-- The input follows --
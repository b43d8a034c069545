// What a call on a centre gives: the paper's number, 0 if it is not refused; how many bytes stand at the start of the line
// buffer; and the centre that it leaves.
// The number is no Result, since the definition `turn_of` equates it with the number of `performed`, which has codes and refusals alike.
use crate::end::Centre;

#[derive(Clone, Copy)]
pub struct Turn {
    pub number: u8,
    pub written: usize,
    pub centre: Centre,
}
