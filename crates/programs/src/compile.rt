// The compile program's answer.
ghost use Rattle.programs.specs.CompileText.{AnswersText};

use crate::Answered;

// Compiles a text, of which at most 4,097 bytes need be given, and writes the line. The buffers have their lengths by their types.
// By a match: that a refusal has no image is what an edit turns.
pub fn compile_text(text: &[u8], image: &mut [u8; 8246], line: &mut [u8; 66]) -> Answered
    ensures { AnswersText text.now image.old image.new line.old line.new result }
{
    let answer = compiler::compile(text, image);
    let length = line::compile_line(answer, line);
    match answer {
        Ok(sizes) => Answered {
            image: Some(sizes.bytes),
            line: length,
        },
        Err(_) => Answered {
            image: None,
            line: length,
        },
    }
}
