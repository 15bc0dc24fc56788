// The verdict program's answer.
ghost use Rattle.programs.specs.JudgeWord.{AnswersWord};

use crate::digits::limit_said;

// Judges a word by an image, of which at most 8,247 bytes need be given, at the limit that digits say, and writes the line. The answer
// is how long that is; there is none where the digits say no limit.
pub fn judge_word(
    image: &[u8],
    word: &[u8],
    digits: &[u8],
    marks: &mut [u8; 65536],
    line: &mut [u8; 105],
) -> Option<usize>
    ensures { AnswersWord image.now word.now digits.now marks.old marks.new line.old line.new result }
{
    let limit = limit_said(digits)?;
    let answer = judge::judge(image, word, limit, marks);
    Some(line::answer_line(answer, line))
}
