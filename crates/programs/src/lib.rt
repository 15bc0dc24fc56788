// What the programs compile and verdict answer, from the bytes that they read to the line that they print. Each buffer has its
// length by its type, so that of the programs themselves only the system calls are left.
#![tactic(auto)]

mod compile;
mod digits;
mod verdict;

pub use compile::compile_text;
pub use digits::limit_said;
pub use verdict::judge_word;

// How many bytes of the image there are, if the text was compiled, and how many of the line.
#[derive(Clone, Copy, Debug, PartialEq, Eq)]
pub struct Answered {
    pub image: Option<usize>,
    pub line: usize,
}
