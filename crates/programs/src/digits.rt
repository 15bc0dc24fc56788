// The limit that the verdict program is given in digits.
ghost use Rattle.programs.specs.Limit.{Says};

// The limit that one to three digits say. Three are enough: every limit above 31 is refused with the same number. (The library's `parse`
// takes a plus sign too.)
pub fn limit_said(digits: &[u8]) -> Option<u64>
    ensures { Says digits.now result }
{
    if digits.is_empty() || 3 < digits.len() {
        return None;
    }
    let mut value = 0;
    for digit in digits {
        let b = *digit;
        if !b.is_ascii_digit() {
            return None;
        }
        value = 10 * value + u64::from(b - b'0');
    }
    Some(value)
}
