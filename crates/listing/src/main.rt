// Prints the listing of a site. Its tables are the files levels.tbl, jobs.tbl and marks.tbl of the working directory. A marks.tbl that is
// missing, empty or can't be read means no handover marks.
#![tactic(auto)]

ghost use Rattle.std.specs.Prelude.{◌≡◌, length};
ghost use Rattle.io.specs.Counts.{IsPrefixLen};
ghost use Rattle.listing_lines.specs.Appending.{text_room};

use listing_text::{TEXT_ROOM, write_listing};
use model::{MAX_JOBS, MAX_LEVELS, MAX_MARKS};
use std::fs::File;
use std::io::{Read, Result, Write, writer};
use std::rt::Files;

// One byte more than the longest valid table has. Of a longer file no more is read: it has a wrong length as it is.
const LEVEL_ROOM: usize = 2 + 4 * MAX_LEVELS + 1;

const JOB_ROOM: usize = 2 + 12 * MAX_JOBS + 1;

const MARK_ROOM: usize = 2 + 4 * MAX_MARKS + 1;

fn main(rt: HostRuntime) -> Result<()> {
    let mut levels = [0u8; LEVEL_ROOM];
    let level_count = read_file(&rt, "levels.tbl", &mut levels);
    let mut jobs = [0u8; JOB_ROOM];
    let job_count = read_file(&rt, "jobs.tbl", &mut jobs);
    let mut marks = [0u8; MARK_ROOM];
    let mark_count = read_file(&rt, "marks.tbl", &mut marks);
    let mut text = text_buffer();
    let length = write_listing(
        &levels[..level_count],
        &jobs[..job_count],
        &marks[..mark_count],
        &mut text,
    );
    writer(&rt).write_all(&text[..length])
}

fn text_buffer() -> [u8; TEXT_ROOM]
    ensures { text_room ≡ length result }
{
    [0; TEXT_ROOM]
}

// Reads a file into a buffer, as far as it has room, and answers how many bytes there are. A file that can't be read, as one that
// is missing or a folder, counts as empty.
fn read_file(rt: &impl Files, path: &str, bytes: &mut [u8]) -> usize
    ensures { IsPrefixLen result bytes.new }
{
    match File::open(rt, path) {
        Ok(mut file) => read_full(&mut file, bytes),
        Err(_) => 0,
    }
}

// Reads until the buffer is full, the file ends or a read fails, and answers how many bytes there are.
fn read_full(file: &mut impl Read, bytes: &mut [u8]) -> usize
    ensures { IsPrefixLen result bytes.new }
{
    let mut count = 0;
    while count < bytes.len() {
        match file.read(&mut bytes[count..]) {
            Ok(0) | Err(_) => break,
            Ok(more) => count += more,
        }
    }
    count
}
-- The input concluded --
-- The input follows --
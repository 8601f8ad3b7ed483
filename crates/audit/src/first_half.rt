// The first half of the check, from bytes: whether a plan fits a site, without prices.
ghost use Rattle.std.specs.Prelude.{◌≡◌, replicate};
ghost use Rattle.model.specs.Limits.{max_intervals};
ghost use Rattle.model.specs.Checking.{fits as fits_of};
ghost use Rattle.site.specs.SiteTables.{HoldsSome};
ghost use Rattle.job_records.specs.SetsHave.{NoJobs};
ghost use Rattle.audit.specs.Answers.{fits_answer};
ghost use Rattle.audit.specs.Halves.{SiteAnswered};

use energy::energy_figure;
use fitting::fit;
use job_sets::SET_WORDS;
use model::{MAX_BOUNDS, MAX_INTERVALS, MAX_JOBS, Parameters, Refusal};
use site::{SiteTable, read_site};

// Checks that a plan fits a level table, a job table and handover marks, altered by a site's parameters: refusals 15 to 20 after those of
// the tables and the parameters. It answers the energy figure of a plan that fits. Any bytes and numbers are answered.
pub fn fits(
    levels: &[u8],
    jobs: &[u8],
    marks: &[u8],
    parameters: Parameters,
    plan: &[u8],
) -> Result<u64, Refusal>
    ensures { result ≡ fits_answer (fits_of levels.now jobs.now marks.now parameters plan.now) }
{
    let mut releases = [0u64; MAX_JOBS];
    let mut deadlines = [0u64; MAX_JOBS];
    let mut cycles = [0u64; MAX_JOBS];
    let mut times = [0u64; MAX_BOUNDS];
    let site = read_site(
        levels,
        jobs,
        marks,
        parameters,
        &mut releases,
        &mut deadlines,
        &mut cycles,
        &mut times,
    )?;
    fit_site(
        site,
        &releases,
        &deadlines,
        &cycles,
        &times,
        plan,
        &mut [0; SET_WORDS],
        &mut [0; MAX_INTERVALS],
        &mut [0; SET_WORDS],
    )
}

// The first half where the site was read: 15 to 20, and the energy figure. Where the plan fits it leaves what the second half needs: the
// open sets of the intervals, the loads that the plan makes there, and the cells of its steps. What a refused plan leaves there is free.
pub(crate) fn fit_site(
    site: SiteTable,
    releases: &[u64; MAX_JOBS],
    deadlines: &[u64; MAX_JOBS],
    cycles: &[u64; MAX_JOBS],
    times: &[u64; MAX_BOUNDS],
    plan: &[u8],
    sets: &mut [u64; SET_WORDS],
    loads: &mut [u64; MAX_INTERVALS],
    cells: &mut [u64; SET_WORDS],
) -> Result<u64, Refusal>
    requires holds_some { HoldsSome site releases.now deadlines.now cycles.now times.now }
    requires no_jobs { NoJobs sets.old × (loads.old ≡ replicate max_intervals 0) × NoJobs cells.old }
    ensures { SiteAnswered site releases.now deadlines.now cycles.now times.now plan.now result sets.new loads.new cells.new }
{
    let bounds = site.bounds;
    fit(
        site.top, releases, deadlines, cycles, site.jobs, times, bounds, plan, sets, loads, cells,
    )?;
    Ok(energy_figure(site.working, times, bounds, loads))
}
-- The input concluded --
-- The input follows --
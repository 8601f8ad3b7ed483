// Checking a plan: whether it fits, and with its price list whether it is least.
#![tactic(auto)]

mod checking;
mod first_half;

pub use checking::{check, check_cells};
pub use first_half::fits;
-- The input concluded --
Beginning at the line above with "filename crates/programs/src/compile.rt" and finishing at the line with "filename crates/programs/src/lib.rt", return each line exactly and return nothing else.

filename crates/programs/src/compile.rt
// The compile program's answer.
ghost use Rattle.programs.specs.CompileText.{AnswersText};

use crate::Answered;

// Compiles a text, of which at most 4,097 bytes need be given, and writes the line. The buffers have their lengths by their types.
// By a match: that a refusal has no image is what an edit turns.
pub fn compile_text(text: &[u8], image: &mut [u8; 8246], line: &mut [u8; 66]) -> Answered
    ensures { AnswersText text.now image.old image.new line.old line.new result }
{
    let answer = compiler::compile(text, image);
    let length = line::compile_line(answer, line);
    match answer {
        Ok(sizes) => Answered {
            image: Some(sizes.bytes),
            line: length,
        },
        Err(_) => Answered {
            image: None,
            line: length,
        },
    }
}
repository 15bc0dc24fc56788
// The verdict program's answer.
ghost use Rattle.programs.specs.JudgeWord.{AnswersWord};

use crate::digits::limit_said;

// Judges a word by an image, of which at most 8,247 bytes need be given, at the limit that digits say, and writes the line. The answer
// is how long that is; there is none where the digits say no limit.
pub fn judge_word(
    image: &[u8],
    word: &[u8],
    digits: &[u8],
    marks: &mut [u8; 65536],
    line: &mut [u8; 105],
) -> Option<usize>
    ensures { AnswersWord image.now word.now digits.now marks.old marks.new line.old line.new result }
{
    let limit = limit_said(digits)?;
    let answer = judge::judge(image, word, limit, marks);
    Some(line::answer_line(answer, line))
}
filename crates/programs/src/lib.rt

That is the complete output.